A Lesson Common to All Three Tools
Different as the mechanisms are, all three tools seem to share one principle: vague instructions and oversized tasks are what waste the most usage. Whether it's preparing a rough outline before asking Genspark, confirming a plan with Claude Code's Plan Mode before implementation, or narrowing down exactly what you need before querying Gemini — the specific tactic varies, but the underlying idea is the same: preparation up front reduces waste.

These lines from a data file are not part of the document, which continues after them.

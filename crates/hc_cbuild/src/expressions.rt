//! Expressions.

ghost use Rattle.std.specs.Prelude.{◌≡◌, ◌<◌, ◌^◌, true, unsigned_abs};
ghost use Rattle.hc_cast.specs.declared.expr.CExpr.TheVariants.{Binary};
ghost use Rattle.hc_cbuild.specs.Names.{is_name};
ghost use Rattle.hc_cbuild.specs.Makes.{Makes};
ghost use Rattle.hc_cbuild.specs.Written as spec;

use crate::names::word;
use hc_cast::{CExpr, COp};
use hc_list::{Boxed, List};
use std::alloc::{AllocError, Global};

/// A number.
pub fn number(n: u32) -> CExpr
    ensures { result ≡ spec.number n }
{
    CExpr::Number(i64::from(n))
}

/// `-1`
pub fn minus_one(alloc: Global) -> Result<CExpr, AllocError>
    ensures { Makes result spec.minus_one }
{
    let one = Boxed::new(alloc, CExpr::Number(1))?;
    Ok(CExpr::Neg(one))
}

/// A number with its sign: a minus in front of a number, where it is below 0.
pub fn signed(alloc: Global, z: i64) -> Result<CExpr, AllocError>
    requires { unsigned_abs z < 2 ^ 63 }
    ensures { Makes result (spec.signed z) }
{
    if z < 0 {
        let part = Boxed::new(alloc, CExpr::Number(-z))?;
        Ok(CExpr::Neg(part))
    } else {
        Ok(CExpr::Number(z))
    }
}

/// Numbers as arguments, in their order.
pub fn numbers(alloc: Global, ns: &[u32]) -> Result<List<CExpr>, AllocError>
    ensures { Makes result (spec.numbers ns.now) }
{
    let mut found = List::new(alloc);
    for n in ns {
        found.push(number(*n))?;
    }
    Ok(found)
}

/// A local or a parameter.
pub fn local(name: &[u8]) -> CExpr
    requires { is_name name.now ≡ true }
    ensures { result ≡ spec.local name.now }
{
    CExpr::Local(word(name))
}

/// `array[index]`
pub fn element(alloc: Global, array: &[u8], index: CExpr) -> Result<CExpr, AllocError>
    requires { is_name array.now ≡ true }
    ensures { Makes result (spec.element array.now index) }
{
    let index = Boxed::new(alloc, index)?;
    Ok(CExpr::Element(word(array), index))
}

/// `array[0]`
pub fn first_of(alloc: Global, array: &[u8]) -> Result<CExpr, AllocError>
    requires { is_name array.now ≡ true }
    ensures { Makes result (spec.first_of array.now) }
{
    element(alloc, array, number(0))
}

/// Two expressions with a sign between them.
pub fn binary(alloc: Global, op: COp, left: CExpr, right: CExpr) -> Result<CExpr, AllocError>
    ensures { Makes result (Binary op left right) }
{
    let left = Boxed::new(alloc, left)?;
    let right = Boxed::new(alloc, right)?;
    Ok(CExpr::Binary(op, left, right))
}

/// `left + right`
pub fn sum(alloc: Global, left: CExpr, right: CExpr) -> Result<CExpr, AllocError>
    ensures { Makes result (spec.sum left right) }
{
    binary(alloc, COp::Add, left, right)
}

/// `left - right`
pub fn difference(alloc: Global, left: CExpr, right: CExpr) -> Result<CExpr, AllocError>
    ensures { Makes result (spec.difference left right) }
{
    binary(alloc, COp::Sub, left, right)
}

/// `part * n`
pub fn times(alloc: Global, part: CExpr, n: u32) -> Result<CExpr, AllocError>
    ensures { Makes result (spec.times part n) }
{
    binary(alloc, COp::Mul, part, number(n))
}

/// `left < right`
pub fn less(alloc: Global, left: CExpr, right: CExpr) -> Result<CExpr, AllocError>
    ensures { Makes result (spec.less left right) }
{
    binary(alloc, COp::Less, left, right)
}

/// `left == right`
pub fn equals(alloc: Global, left: CExpr, right: CExpr) -> Result<CExpr, AllocError>
    ensures { Makes result (spec.equals left right) }
{
    binary(alloc, COp::Equal, left, right)
}

/// `left != right`
pub fn differs(alloc: Global, left: CExpr, right: CExpr) -> Result<CExpr, AllocError>
    ensures { Makes result (spec.differs left right) }
{
    binary(alloc, COp::NotEqual, left, right)
}

/// `left && right`
pub fn both(alloc: Global, left: CExpr, right: CExpr) -> Result<CExpr, AllocError>
    ensures { Makes result (spec.both left right) }
{
    binary(alloc, COp::And, left, right)
}

/// `left || right`
pub fn either(alloc: Global, left: CExpr, right: CExpr) -> Result<CExpr, AllocError>
    ensures { Makes result (spec.either left right) }
{
    binary(alloc, COp::Or, left, right)
}

/// `!part`
pub fn denies(alloc: Global, part: CExpr) -> Result<CExpr, AllocError>
    ensures { Makes result (spec.denies part) }
{
    let part = Boxed::new(alloc, part)?;
    Ok(CExpr::Not(part))
}

/// `0 < part`
pub fn above_zero(alloc: Global, part: CExpr) -> Result<CExpr, AllocError>
    ensures { Makes result (spec.above_zero part) }
{
    less(alloc, number(0), part)
}

/// `part < 1`
pub fn below_one(alloc: Global, part: CExpr) -> Result<CExpr, AllocError>
    ensures { Makes result (spec.below_one part) }
{
    less(alloc, part, number(1))
}

/// `name == n`
pub fn local_is(alloc: Global, name: &[u8], n: u32) -> Result<CExpr, AllocError>
    requires { is_name name.now ≡ true }
    ensures { Makes result (spec.local_is name.now n) }
{
    equals(alloc, local(name), number(n))
}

Comparison Table: Limits Across the Three Tools
- Genspark: Credit-based / partially recovers daily / the key to saving is choosing the right feature for the task
- Claude Code: 5-hour rolling window / Plan Mode and splitting up conversations help / limit was doubled in May 2026
- Gemini: 24-hour usage cap / resets automatically at the date change / knowing the specific numeric ceilings matters
Summary
Running multiple AI tools side by side means dealing with several different limit systems, which can be disorienting at first. But the underlying idea is consistent: deciding upfront what you actually want the AI to handle, and how much you want to hand off to it, is what keeps you from wasting credits or hitting rate limits unnecessarily. If you switch between several of these tools, understanding each one's limit system properly — and picking the right tool for the situation — seems to be the real skill worth building.